Einige Sternhaufen sind noch zu nennen: Messier 52 (= NGC 7654) bei (2005/155). Südöstlich davon ist bei (1670/600) ein weniger auffälliger offener Haufen namens [FSR2007] 0433 zu sehen, aus dem Katalog von Froebrich, Scholz & Raferty (2007). Nördlich des westlichen „Zahns“ von SH 2-157 liegt noch bei (4910/2730) NGC 7510.

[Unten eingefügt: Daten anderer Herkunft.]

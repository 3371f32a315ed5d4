ghost use Rattle.std.specs.Prelude.{◌≡◌, ◌≤◌, ℕ, Err, IfOk};
ghost use Rattle.inode_tree.specs.declared.draft.EvalStop.TheVariants as stop;
ghost use Rattle.inode_tree.specs.declared.need.Need.{Need};
ghost use Rattle.namespace_model.specs.Trees.{Path};
ghost use Rattle.path_walk.specs.Calls.{GoesOn};
ghost use Rattle.path_order.specs.Cursors.{IsWalk, IsCursor};
ghost use Rattle.path_order.specs.PagesBelow.{IsPageBelow, NeedsOfPage};

use super::cursor::{Cursor, Seen};
use inode_tree::{EvalStop, View};
use std::alloc::Global;

/// Nodes of a page, in path order.
#[derive(Drop)]
pub struct Page {
    /// The nodes.
    pub seen: Vec<Seen>,
    /// Whether more is left behind the last of them.
    pub more: bool,
}

/// The next nodes of a walk, at most so many, and at least one where one is left. Each is looked at, for which its stripe
/// has to be held at least shared: where it isn't, the answer is `Need`. `NoMemory` may come at any time. After an error
/// nothing is said of the walk.
pub fn next_page<V: View>(
    alloc: Global,
    view: &mut V,
    cursor: &mut Cursor,
    max: usize,
) -> Result<Page, EvalStop>
    requires some { 1 ≤ max }
    requires walk { IsWalk (V.shown view.old) cursor.old }
    ensures on { GoesOn (V.held view.old) (V.held view.new) (V.over view.old) (V.over view.new) (V.shown view.old) (V.shown view.new) }
    ensures page { IfOk result (λ page. (root token : Path) → IsCursor (V.shown view.old) root token cursor.old
        → IsPageBelow (V.held view.new) (V.shown view.new) root token max cursor.new page) }
    ensures need { (n : Need) → result ≡ Err (stop.Need n) → (root token : Path) → IsCursor (V.shown view.old) root token cursor.old
        → NeedsOfPage (V.held view.new) (V.shown view.new) root token max n }
{
    let mut seen = Vec::new(alloc);
    for _count in 0..max {
        match cursor.next(alloc, view) {
            Ok(Some(node)) => seen.push(node)?,
            Ok(None) => return Ok(Page { seen, more: false }),
            Err(stop) => return Err(stop),
        }
    }
    let more = !cursor.is_at_end();
    Ok(Page { seen, more })
}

Warum ist BD+60°2522 eigentlich so weit aus dem geometrischen Blasenzentrum entfernt? Zur Zeit wird diskutiert, ob der Stern als „weglaufender Stern“ (runaway star) nach der Blasenbildung diese Stätte künftig wieder verlässt. Die messbare Eigenbewegung deutet an, dass dieser Gedanke ernst genommen werden sollte. Der Stern läuft in der Tat nach Nordosten.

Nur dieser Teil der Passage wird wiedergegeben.